Converting SentencePiece vocabularies in OpenNMT-py

Hi, to alleviate the OOV issue I did my pre-processing according to these scripts:

Firstly I filtered + pre-tokenized my dataset, then I split that data into train/validation/test sets. I then trained a SentencePiece model on the training data and generated a vocabulary of 32k. Then I used that model to encode the training and validation data as subwords.

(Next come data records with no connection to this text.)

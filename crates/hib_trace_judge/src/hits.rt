// The judgement of an answer of the cache.
ghost use Rattle.hib_trace_judge.specs.Found.{AreReady, IsHitFoundIn};
ghost use Rattle.hib_trace_judge.specs.Hits as hits;
ghost use Rattle.std.specs.Prelude.{◌≡◌, ◌<◌, ℕ};

use hib_trace_calls::Call;
use hib_trace_filed::{Filed, Limits, earlier_by};
use hib_trace_findings::{Judgement, judged};
use hib_trace_law::Answer;

// An answer of the cache, by its row.
fn answer_of(call: &Call, limits: &Limits) -> Answer
    ensures { result ≡ hits.answer_of limits.now call.now }
{
    Answer {
        row: call.row,
        since: earlier_by(call.begin, limits.allow),
        end: call.end,
    }
}

// What is told of an answer, if its own transaction wrote its row or not.
fn told_as(own: bool, found: Judgement) -> Judgement
    ensures { result ≡ hits.told_as own found }
{
    match (own, found) {
        (true, Judgement::Dirty) => Judgement::Possible,
        (true, Judgement::RolledBack) => Judgement::Possible,
        _ => found,
    }
}

/// The judgement of an answer about a key.
pub fn judge_hit(filed: &Filed, count: usize, key: usize, call: &Call, limits: &Limits) -> Judgement
    requires ready { AreReady count filed.now }
    requires key { key < count }
    ensures { (none : ℕ) → IsHitFoundIn none filed.now key limits.now call.now result }
{
    let answer = answer_of(call, limits);
    let found = judged(
        &filed.commits[key],
        &filed.lives[key],
        &filed.undone[key],
        &answer,
    );
    let own = filed.owns.has(call.transaction, key, call.row);
    told_as(own, found)
}
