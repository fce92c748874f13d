// A trace, judged from its text.
ghost use Rattle.hib_lex.specs.Lines.{lines_of};
ghost use Rattle.hib_trace_judge.specs.Traces.{IsJudgedTrace};
ghost use Rattle.hib_trace_lines.specs.Lines.{AreLines, IsRefused};
ghost use Rattle.std.specs.Prelude.{IfErr, IfOk};

use crate::answers::{Counts, judge_calls};
use hib_trace_calls::numbered;
use hib_trace_filed::Limits;
use hib_trace_findings::Judgement;
use hib_trace_lines::{Event, TraceError, read_trace};
use std::alloc::{AllocError, Global};

/// A trace whose answers are judged.
#[derive(Drop)]
pub struct Judged {
    /// The events of its lines.
    pub events: Vec<Event>,
    /// For each line the judgement, if it is an answer of the cache, a list, or a write of which something is
    /// certain.
    pub judgements: Vec<Option<Judgement>>,
}

// The judgements of events.
fn judge_events(
    alloc: Global,
    events: &[Event],
    limits: &Limits,
) -> Result<Vec<Option<Judgement>>, AllocError>
    ensures { IfOk result (λ v. IsJudgedTrace limits.now events.now v.items) }
{
    let trace = numbered(alloc, events)?;
    let counts = Counts {
        keys: trace.texts.keys.len(),
        tables: trace.texts.tables.len(),
        transactions: trace.texts.transactions.len(),
        none: trace.none,
    };
    let judgements = judge_calls(alloc, &trace.calls, &counts, limits)?;
    Ok(judgements)
}

/// The judgements of the answers, lists and writes that the lines of a trace tell.
///
/// Errors: those of `read_trace`, for a text that is too long or has a line that is no event, and `NoMemory`.
pub fn judge_trace(alloc: Global, text: &[u8], limits: &Limits) -> Result<Judged, TraceError>
    ensures lines { IfOk result (λ r. AreLines (lines_of text.now) r.events.items) }
    ensures judged { IfOk result (λ r. IsJudgedTrace limits.now r.events.items r.judgements.items) }
    ensures refused { IfErr result (IsRefused text.now) }
{
    let events = read_trace(alloc, text)?;
    let judgements = judge_events(alloc, &events, limits)?;
    Ok(Judged { events, judgements })
}
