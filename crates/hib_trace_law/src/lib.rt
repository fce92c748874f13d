//! What a trace of a key can mean: its commits have a begin and an end, and no instant. An answer of a cache is refused
//! if it is false in every explanation of them.
//!
//! `Commit` and `Answer` are what a judge looks at, whatever is known of the order of the commits. `Call` and `Sighting`
//! are for a key whose commits stand in one known order, in which all answers can be judged together.
#![tactic(auto)]

mod calls;
mod commits;
mod laws;

pub use calls::{
    Call, Sighting, passes, placings_are_found, sightings_are_complete, sightings_are_sound,
};
pub use commits::{Answer, Commit};
pub use laws::{
    ages_are_least, answers_went_back, refusals_are_complete, refusals_are_sound, updates_were_lost,
};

However I am getting errors trying to train a Transformer model, I think I need to convert the SentencePiece vocabularies but the method from the OpenNMT-tf documentation doesn’t work. I will try the on-the-fly method instead tomorrow.

Dear Matthew,

You are doing most of it correctly. I think that you are trying to use SentencePiece *.vocab files as src_vocab and tgt_vocab, do not you? If so, you should rather build vocab with OpenNMT-py:


onmt_build_vocab -config build_vocab.yml -n_sample -1 -num_threads 4

I hope this helps.

Kind regards,

Dear Yasmin,

Yeah that’s what I was attempting to do. So I should construct the vocabularies from the subword encoded data? Ok I will try this.

Kind regards,

Hello matthew,

The reason why you need to do that is that opennmt use the vocab to identify the words and their corresponding ids. If you provide text that was converted to subwords that doesn’t match that vocab, opennmt will not recognize the subwords when it will look at the vocab.

Opennmt identify a word or token based on spaces…

Best regard,

Sure Samuel that makes complete sense.
I managed to train a transformer model with a validation perplexity of 8!